Die Gans Gustine nickte. Da ließ der Wind nach, Amaya schwebte langsam zurück zum Boden – direkt neben dem Haufen, in dem Nunu lag. Etwas zerzaust, mit einem winzigen Hühnerfußabdruck am Ohr – aber heil.
Amaya hob Nunu hoch in die Luft, drehte sie vor Freude im Kreis und drückte sie fest an sich. Dann schaute sie zu Gustine, die neben Amaya gelandet war und rief: „Danke! Danke!“
Gustine neigte ihren Kopf und zwinkerte Amaya noch einmal freundlich zu, bevor sie sich wieder in die Luft erhob.
Amaya schaute ihr noch hinterher und flüsterte: “Das war magisch … wirklich magisch.” Dann machte sie sich auf den Rückweg. Als sie um die Ecke der Scheune bog, rannte Cora schwanzwedelnd auf sie zu. Amaya umarmte Cora und zeigte Nunu. Die Hündin bellte vor Freude und gemeinsam hüpften sie, um das Wiederfinden von Nunu zu feiern.
Dann gingen sie weiter.

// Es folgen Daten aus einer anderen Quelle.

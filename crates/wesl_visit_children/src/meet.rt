//! What is done at attributes, expressions and types.

ghost use Rattle.wesl_visit_children.specs.Turns.{CalledInTurn};
ghost use Rattle.wesl_visit_children.specs.Parts.{in_attribute, in_attributes, in_expression, in_option, in_ty, in_optional_type, in_arguments, in_call};

use crate::read_parts::ReadParts;
use wgsl_expressions::{AttributeNode, ExpressionNode, FunctionCall, TypeExpression};

/// Meets an attribute.
fn meet_attribute<W: ReadParts>(attribute: &AttributeNode, w: &mut W) -> Result<(), W::Refusal>
    requires { W.ready w.old }
    ensures met { CalledInTurn W.at w.old (in_attribute attribute.now) result w.new }
    ensures ready { W.ready w.new }
{
    w.attribute(attribute)
}

/// Meets attributes, one by one.
pub(crate) fn meet_attributes<W: ReadParts>(
    attributes: &[AttributeNode],
    w: &mut W,
) -> Result<(), W::Refusal>
    requires { W.ready w.old }
    ensures met { CalledInTurn W.at w.old (in_attributes attributes.now) result w.new }
    ensures ready { W.ready w.new }
{
    for attribute in attributes {
        meet_attribute(attribute, w)?;
    }
    Ok(())
}

/// Meets an expression.
pub(crate) fn meet_expression<W: ReadParts>(
    expression: &ExpressionNode,
    w: &mut W,
) -> Result<(), W::Refusal>
    requires { W.ready w.old }
    ensures met { CalledInTurn W.at w.old (in_expression expression.now) result w.new }
    ensures ready { W.ready w.new }
{
    w.expression(expression)
}

/// Meets an expression, where there is one.
pub(crate) fn meet_option<W: ReadParts>(
    expression: &Option<ExpressionNode>,
    w: &mut W,
) -> Result<(), W::Refusal>
    requires { W.ready w.old }
    ensures met { CalledInTurn W.at w.old (in_option expression.now) result w.new }
    ensures ready { W.ready w.new }
{
    match expression {
        None => Ok(()),
        Some(expression) => meet_expression(expression, w),
    }
}

/// Meets a type.
pub(crate) fn meet_type<W: ReadParts>(ty: &TypeExpression, w: &mut W) -> Result<(), W::Refusal>
    requires { W.ready w.old }
    ensures met { CalledInTurn W.at w.old (in_ty ty.now) result w.new }
    ensures ready { W.ready w.new }
{
    w.ty(ty)
}

/// Meets a type, where there is one.
pub(crate) fn meet_optional_type<W: ReadParts>(
    ty: &Option<TypeExpression>,
    w: &mut W,
) -> Result<(), W::Refusal>
    requires { W.ready w.old }
    ensures met { CalledInTurn W.at w.old (in_optional_type ty.now) result w.new }
    ensures ready { W.ready w.new }
{
    match ty {
        None => Ok(()),
        Some(ty) => meet_type(ty, w),
    }
}

/// Meets arguments, one by one.
fn meet_arguments<W: ReadParts>(arguments: &[ExpressionNode], w: &mut W) -> Result<(), W::Refusal>
    requires { W.ready w.old }
    ensures met { CalledInTurn W.at w.old (in_arguments arguments.now) result w.new }
    ensures ready { W.ready w.new }
{
    for argument in arguments {
        meet_expression(argument, w)?;
    }
    Ok(())
}

/// Meets what is called, and the arguments.
pub(crate) fn meet_call<W: ReadParts>(x: &FunctionCall, w: &mut W) -> Result<(), W::Refusal>
    requires { W.ready w.old }
    ensures met { CalledInTurn W.at w.old (in_call x.now) result w.new }
    ensures ready { W.ready w.new }
{
    meet_type(&x.ty, w)?;
    meet_arguments(x.arguments.as_slice(), w)
}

Als sie am Teich vorbeikamen, schwamm Gustine schon wieder in der Teichmitte. Und diesmal hörte Amaya, wie Gustine leise vor sich hin schnatterte, als wäre nichts geschehen.

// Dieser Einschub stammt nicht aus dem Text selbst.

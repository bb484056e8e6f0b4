//! A closure that is called at values in turn, up to its first refusal: what visits of syntax trees say of their closures.
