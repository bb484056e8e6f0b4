//! The parts of which statements, declarations and modules are made: attributes, expressions and types. Lists of them, and what is done at
//! each in turn.
#![tactic(auto)]

mod find;
mod find_modules;
mod find_statements;
mod meet;
mod meet_modules;
mod meet_statements;
mod part;
mod read_parts;
mod turns;

pub use find_modules::{find_declaration, find_unit};
pub use find_statements::find_statement;
pub use meet_modules::{meet_declaration, meet_unit};
pub use meet_statements::meet_statement;
pub use part::PartRef;
pub use read_parts::ReadParts;
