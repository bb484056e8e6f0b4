//! The parameters whose names a place of a declaration sees.

ghost use Rattle.std.specs.Prelude.{◌≡◌, [], map, IfOk};
ghost use Rattle.core_syntax.specs.View.{parameter_tree};
ghost use Rattle.core_link_spec.specs.Occurrences.{is_among, parameter_names};

use core_syntax::FormalParameter;
use std::alloc::{AllocError, Global};
use std::collections::BTreeSet;
use std::marker::Model;

/// The locals of a place: the parameters of its function, or none.
#[derive(Drop)]
pub struct Scope<'a> {
    all: &'a [FormalParameter],
    names: BTreeSet<&'a str>,
}

impl<'a> Model for Scope<'a> {
    ghost use Rattle.std.specs.Prelude.{List, map};
    ghost use Rattle.core_syntax.specs.View.{parameter_tree};
    ghost use Rattle.core_link_spec.specs.Occurrences.{Name, parameter_names};
    ghost use Rattle.core_rename.specs.Scopes.{HasNames};

    ghost Value = { List Name };

    ghost view = { λ scope. parameter_names (map parameter_tree scope.all.now) };

    ghost invariant = { λ scope. HasNames scope.names (parameter_names (map parameter_tree scope.all.now)) };
}

impl<'a> Scope<'a> {
    /// The scope of a module.
    pub fn module(alloc: Global) -> Scope<'a>
        ensures { result ≡ [] }
    {
        Scope {
            all: &[],
            names: BTreeSet::new(alloc),
        }
    }

    /// The scope of a function's body.
    pub fn body(alloc: Global, parameters: &'a [FormalParameter]) -> Result<Scope<'a>, AllocError>
        ensures { IfOk result (λ scope. scope ≡ parameter_names (map parameter_tree parameters.now)) }
    {
        let mut names = BTreeSet::new(alloc);
        for parameter in parameters {
            names.insert(parameter.ident.as_str())?;
        }
        Ok(Scope {
            all: parameters,
            names,
        })
    }

    /// Whether a parameter has this name.
    pub fn hides(&self, name: &str) -> bool
        ensures { result ≡ is_among name.now self.now }
    {
        self.names.contains(name)
    }
}
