//! A part of a statement, a declaration or a module.

use wgsl_expressions::{AttributeNode, ExpressionNode, TypeExpression};

/// A reference to a part.
#[derive(Clone, Copy, Drop)]
pub enum PartRef<'a> {
    Attribute(&'a AttributeNode),
    Expression(&'a ExpressionNode),
    Type(&'a TypeExpression),
}
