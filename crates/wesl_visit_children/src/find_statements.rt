//! Lists of the parts of statements.

ghost use Rattle.std.specs.Prelude.{◌≡◌, ◌++◌, OnOk};
ghost use Rattle.std.specs.List.{flat_map};
ghost use Rattle.wesl_visit_children.specs.Parts.{in_assignment, in_block, in_break_if, in_call_statement, in_clause, in_const_assert, in_continuing, in_declared, in_else, in_else_if, in_for, in_if, in_loop, in_marked, in_node, in_optional_continuing, in_part, in_return, in_selector, in_switch, in_while, parts_in_statement};
ghost use Rattle.wesl_visit_children.specs.Listed.{parts};

use crate::find::{find_attributes, find_call, find_expression, find_option, find_optional_type};
use crate::part::PartRef;
use std::alloc::AllocError;
use wgsl_expressions::{AttributeNode, ExpressionNode};
use wgsl_simple_statements::{
    AssignmentStatement, BreakIfStatement, CaseSelector, ConstAssert, Declaration,
    FunctionCallStatement, ReturnStatement,
};
use wgsl_statements::{
    CompoundStatement, ContinuingStatement, ElseClause, ElseIfClause, ForStatement, IfStatement,
    LoopStatement, Statement, StatementNode, SwitchClause, SwitchStatement, WhileStatement,
};

/// Lists the parts of attributes, and the one behind them.
pub fn find_marked<'a>(
    attributes: &'a [AttributeNode],
    expression: &'a ExpressionNode,
    found: &mut Vec<PartRef<'a>>,
) -> Result<(), AllocError>
    ensures { OnOk result (parts found.new.items ≡ parts found.old.items ++ (in_marked attributes.now expression.now)) }
{
    find_attributes(attributes, found)?;
    find_expression(expression, found)
}

/// Lists the parts of an assignment.
fn find_assignment<'a>(
    x: &'a AssignmentStatement,
    found: &mut Vec<PartRef<'a>>,
) -> Result<(), AllocError>
    ensures { OnOk result (parts found.new.items ≡ parts found.old.items ++ (in_assignment x.now)) }
{
    find_attributes(&x.attributes.as_slice(), found)?;
    find_expression(&x.lhs, found)?;
    find_expression(&x.rhs, found)
}

/// Lists the parts of `return`.
fn find_return<'a>(x: &'a ReturnStatement, found: &mut Vec<PartRef<'a>>) -> Result<(), AllocError>
    ensures { OnOk result (parts found.new.items ≡ parts found.old.items ++ (in_return x.now)) }
{
    find_attributes(&x.attributes.as_slice(), found)?;
    find_option(&x.expression, found)
}

/// Lists the parts of a call as a statement.
fn find_call_statement<'a>(
    x: &'a FunctionCallStatement,
    found: &mut Vec<PartRef<'a>>,
) -> Result<(), AllocError>
    ensures { OnOk result (parts found.new.items ≡ parts found.old.items ++ (in_call_statement x.now)) }
{
    find_attributes(&x.attributes.as_slice(), found)?;
    find_call(&x.call, found)
}

/// Lists the parts of a constant assertion.
pub fn find_const_assert<'a>(
    x: &'a ConstAssert,
    found: &mut Vec<PartRef<'a>>,
) -> Result<(), AllocError>
    ensures { OnOk result (parts found.new.items ≡ parts found.old.items ++ (in_const_assert x.now)) }
{
    find_marked(&x.attributes.as_slice(), &x.expression, found)
}

/// Lists the parts of a declaration of a value.
pub fn find_declared<'a>(x: &'a Declaration, found: &mut Vec<PartRef<'a>>) -> Result<(), AllocError>
    ensures { OnOk result (parts found.new.items ≡ parts found.old.items ++ (in_declared x.now)) }
{
    find_attributes(&x.attributes.as_slice(), found)?;
    find_optional_type(&x.ty, found)?;
    find_option(&x.initializer, found)
}

/// Lists the parts of `break if`.
fn find_break_if<'a>(
    x: &'a Option<BreakIfStatement>,
    found: &mut Vec<PartRef<'a>>,
) -> Result<(), AllocError>
    ensures { OnOk result (parts found.new.items ≡ parts found.old.items ++ (in_break_if x.now)) }
{
    match x {
        None => Ok(()),
        Some(x) => find_marked(&x.attributes.as_slice(), &x.expression, found),
    }
}

/// Lists the part of a selector.
fn find_selector<'a>(
    selector: &'a CaseSelector,
    found: &mut Vec<PartRef<'a>>,
) -> Result<(), AllocError>
    ensures { OnOk result (parts found.new.items ≡ parts found.old.items ++ (in_selector selector.now)) }
{
    match selector {
        CaseSelector::Default => Ok(()),
        CaseSelector::Expression(x) => find_expression(x, found),
    }
}

/// Lists the parts of selectors, one by one.
fn find_selectors<'a>(
    selectors: &'a [CaseSelector],
    found: &mut Vec<PartRef<'a>>,
) -> Result<(), AllocError>
    ensures { OnOk result (parts found.new.items ≡ parts found.old.items ++ (flat_map in_selector selectors.now)) }
{
    for selector in selectors {
        find_selector(selector, found)?;
    }
    Ok(())
}

/// Lists the parts of a statement.
#[cycle(find)]
#[tactic(auto, using(crate::proofs::Cases::inner))]
pub fn find_statement<'a>(
    statement: &'a Statement,
    found: &mut Vec<PartRef<'a>>,
) -> Result<(), AllocError>
    ensures { OnOk result (parts found.new.items ≡ parts found.old.items ++ (parts_in_statement statement.now)) }
{
    match statement {
        Statement::Void => Ok(()),
        Statement::Compound(x) => find_block(x, found),
        Statement::Assignment(x) => find_assignment(x, found),
        Statement::Increment(x) => find_marked(&x.attributes.as_slice(), &x.expression, found),
        Statement::Decrement(x) => find_marked(&x.attributes.as_slice(), &x.expression, found),
        Statement::If(x) => find_if(x.get(), found),
        Statement::Switch(x) => find_switch(x.get(), found),
        Statement::Loop(x) => find_loop(x.get(), found),
        Statement::For(x) => find_for(x.get(), found),
        Statement::While(x) => find_while(x.get(), found),
        Statement::Break(x) => find_attributes(&x.attributes.as_slice(), found),
        Statement::Continue(x) => find_attributes(&x.attributes.as_slice(), found),
        Statement::Return(x) => find_return(x, found),
        Statement::Discard(x) => find_attributes(&x.attributes.as_slice(), found),
        Statement::FunctionCall(x) => find_call_statement(x.get(), found),
        Statement::ConstAssert(x) => find_const_assert(x, found),
        Statement::Declaration(x) => find_declared(x.get(), found),
    }
}

/// Lists the parts of statements, one by one.
#[cycle(find)]
fn find_statements<'a>(
    nodes: &'a [StatementNode],
    found: &mut Vec<PartRef<'a>>,
) -> Result<(), AllocError>
    ensures { OnOk result (parts found.new.items ≡ parts found.old.items ++ (flat_map (in_node parts_in_statement) nodes.now)) }
{
    for node in nodes {
        find_statement(node.node(), found)?;
    }
    Ok(())
}

/// Lists the parts of a block.
#[cycle(find)]
pub fn find_block<'a>(
    block: &'a CompoundStatement,
    found: &mut Vec<PartRef<'a>>,
) -> Result<(), AllocError>
    ensures { OnOk result (parts found.new.items ≡ parts found.old.items ++ (in_block parts_in_statement block.now)) }
{
    find_attributes(&block.attributes.as_slice(), found)?;
    find_statements(&block.statements.as_slice(), found)
}

/// Lists the parts of `if`.
#[cycle(find)]
fn find_if<'a>(x: &'a IfStatement, found: &mut Vec<PartRef<'a>>) -> Result<(), AllocError>
    ensures { OnOk result (parts found.new.items ≡ parts found.old.items ++ (in_if parts_in_statement x.now)) }
{
    find_marked(&x.attributes.as_slice(), &x.if_clause.expression, found)?;
    find_block(&x.if_clause.body, found)?;
    find_else_ifs(&x.else_if_clauses.as_slice(), found)?;
    find_else(&x.else_clause, found)
}

/// Lists the parts of the clauses `else if`.
#[cycle(find)]
fn find_else_ifs<'a>(
    clauses: &'a [ElseIfClause],
    found: &mut Vec<PartRef<'a>>,
) -> Result<(), AllocError>
    ensures { OnOk result (parts found.new.items ≡ parts found.old.items ++ (flat_map (in_else_if parts_in_statement) clauses.now)) }
{
    for clause in clauses {
        find_else_if(clause, found)?;
    }
    Ok(())
}

/// Lists the parts of a clause `else if`.
#[cycle(find)]
fn find_else_if<'a>(
    clause: &'a ElseIfClause,
    found: &mut Vec<PartRef<'a>>,
) -> Result<(), AllocError>
    ensures { OnOk result (parts found.new.items ≡ parts found.old.items ++ (in_else_if parts_in_statement clause.now)) }
{
    find_expression(&clause.expression, found)?;
    find_block(&clause.body, found)
}

/// Lists the parts of `else`.
#[cycle(find)]
fn find_else<'a>(
    clause: &'a Option<ElseClause>,
    found: &mut Vec<PartRef<'a>>,
) -> Result<(), AllocError>
    ensures { OnOk result (parts found.new.items ≡ parts found.old.items ++ (in_else parts_in_statement clause.now)) }
{
    match clause {
        None => Ok(()),
        Some(clause) => find_block(&clause.body, found),
    }
}

/// Lists the parts of `switch`.
#[cycle(find)]
fn find_switch<'a>(x: &'a SwitchStatement, found: &mut Vec<PartRef<'a>>) -> Result<(), AllocError>
    ensures { OnOk result (parts found.new.items ≡ parts found.old.items ++ (in_switch parts_in_statement x.now)) }
{
    find_marked(&x.attributes.as_slice(), &x.expression, found)?;
    find_attributes(&x.body_attributes.as_slice(), found)?;
    find_clauses(&x.clauses.as_slice(), found)
}

/// Lists the parts of the clauses of `switch`.
#[cycle(find)]
fn find_clauses<'a>(
    clauses: &'a [SwitchClause],
    found: &mut Vec<PartRef<'a>>,
) -> Result<(), AllocError>
    ensures { OnOk result (parts found.new.items ≡ parts found.old.items ++ (flat_map (in_clause parts_in_statement) clauses.now)) }
{
    for clause in clauses {
        find_clause(clause, found)?;
    }
    Ok(())
}

/// Lists the parts of a clause of `switch`.
#[cycle(find)]
fn find_clause<'a>(clause: &'a SwitchClause, found: &mut Vec<PartRef<'a>>) -> Result<(), AllocError>
    ensures { OnOk result (parts found.new.items ≡ parts found.old.items ++ (in_clause parts_in_statement clause.now)) }
{
    find_selectors(&clause.case_selectors.as_slice(), found)?;
    find_block(&clause.body, found)
}

/// Lists the parts of `loop`.
#[cycle(find)]
fn find_loop<'a>(x: &'a LoopStatement, found: &mut Vec<PartRef<'a>>) -> Result<(), AllocError>
    ensures { OnOk result (parts found.new.items ≡ parts found.old.items ++ (in_loop parts_in_statement x.now)) }
{
    find_attributes(&x.attributes.as_slice(), found)?;
    find_block(&x.body, found)?;
    find_optional_continuing(&x.continuing, found)
}

/// Lists the parts of `continuing`, where it is there.
#[cycle(find)]
fn find_optional_continuing<'a>(
    continuing: &'a Option<ContinuingStatement>,
    found: &mut Vec<PartRef<'a>>,
) -> Result<(), AllocError>
    ensures { OnOk result (parts found.new.items ≡ parts found.old.items ++ (in_optional_continuing parts_in_statement continuing.now)) }
{
    match continuing {
        None => Ok(()),
        Some(x) => find_continuing(x, found),
    }
}

/// Lists the parts of `continuing`.
#[cycle(find)]
fn find_continuing<'a>(
    x: &'a ContinuingStatement,
    found: &mut Vec<PartRef<'a>>,
) -> Result<(), AllocError>
    ensures { OnOk result (parts found.new.items ≡ parts found.old.items ++ (in_continuing parts_in_statement x.now)) }
{
    find_attributes(&x.attributes.as_slice(), found)?;
    find_block(&x.body, found)?;
    find_break_if(&x.break_if, found)
}

/// Lists the parts of `for`.
#[cycle(find)]
fn find_for<'a>(x: &'a ForStatement, found: &mut Vec<PartRef<'a>>) -> Result<(), AllocError>
    ensures { OnOk result (parts found.new.items ≡ parts found.old.items ++ (in_for parts_in_statement x.now)) }
{
    find_attributes(&x.attributes.as_slice(), found)?;
    find_part(&x.initializer, found)?;
    find_option(&x.condition, found)?;
    find_part(&x.update, found)?;
    find_block(&x.body, found)
}

/// Lists the parts of a part of the header of `for`.
#[cycle(find)]
fn find_part<'a>(
    part: &'a Option<StatementNode>,
    found: &mut Vec<PartRef<'a>>,
) -> Result<(), AllocError>
    ensures { OnOk result (parts found.new.items ≡ parts found.old.items ++ (in_part parts_in_statement part.now)) }
{
    match part {
        None => Ok(()),
        Some(node) => find_statement(node.node(), found),
    }
}

/// Lists the parts of `while`.
#[cycle(find)]
fn find_while<'a>(x: &'a WhileStatement, found: &mut Vec<PartRef<'a>>) -> Result<(), AllocError>
    ensures { OnOk result (parts found.new.items ≡ parts found.old.items ++ (in_while parts_in_statement x.now)) }
{
    find_marked(&x.attributes.as_slice(), &x.condition, found)?;
    find_block(&x.body, found)
}
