//! The names that occur in declarations, and copies of declarations with new names in their place.
#![tactic(auto)]

mod naming;
mod occurrence;
mod rename;
mod scope;

pub use naming::Naming;
pub use occurrence::{names_before, names_behind, names_in_body, occurrences};
pub use rename::renamed_declaration;
pub use scope::Scope;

Am Abend saß Amaya mit Mama und Papa beim Picknick auf dem Feld. Cora lag zu ihren Füßen, Nunu in ihrem Arm.
„Und? Hast du Nunu gefunden?“ fragte Papa.
Amaya nickte stolz.
„Mit Hilfe der Gänsemutter Gustine. Ich durfte fliegen.“
Mama schmunzelte.
„Na, dann bist du ja jetzt unsere Flugexpertin auf dem Hof.“
Und während die Sonne unterging, schloss Amaya die Augen und flog in ihren Gedanken noch einmal mit Gustine über den Hof, wobei ihre Haare so schön im Wind wehten. Amaya nahm die Gänsefeder aus ihrer Hosentasche und fühlte ganz leicht das vertraute Kribbeln – als hätte Gustine ihr ein Stück Magie dagelassen.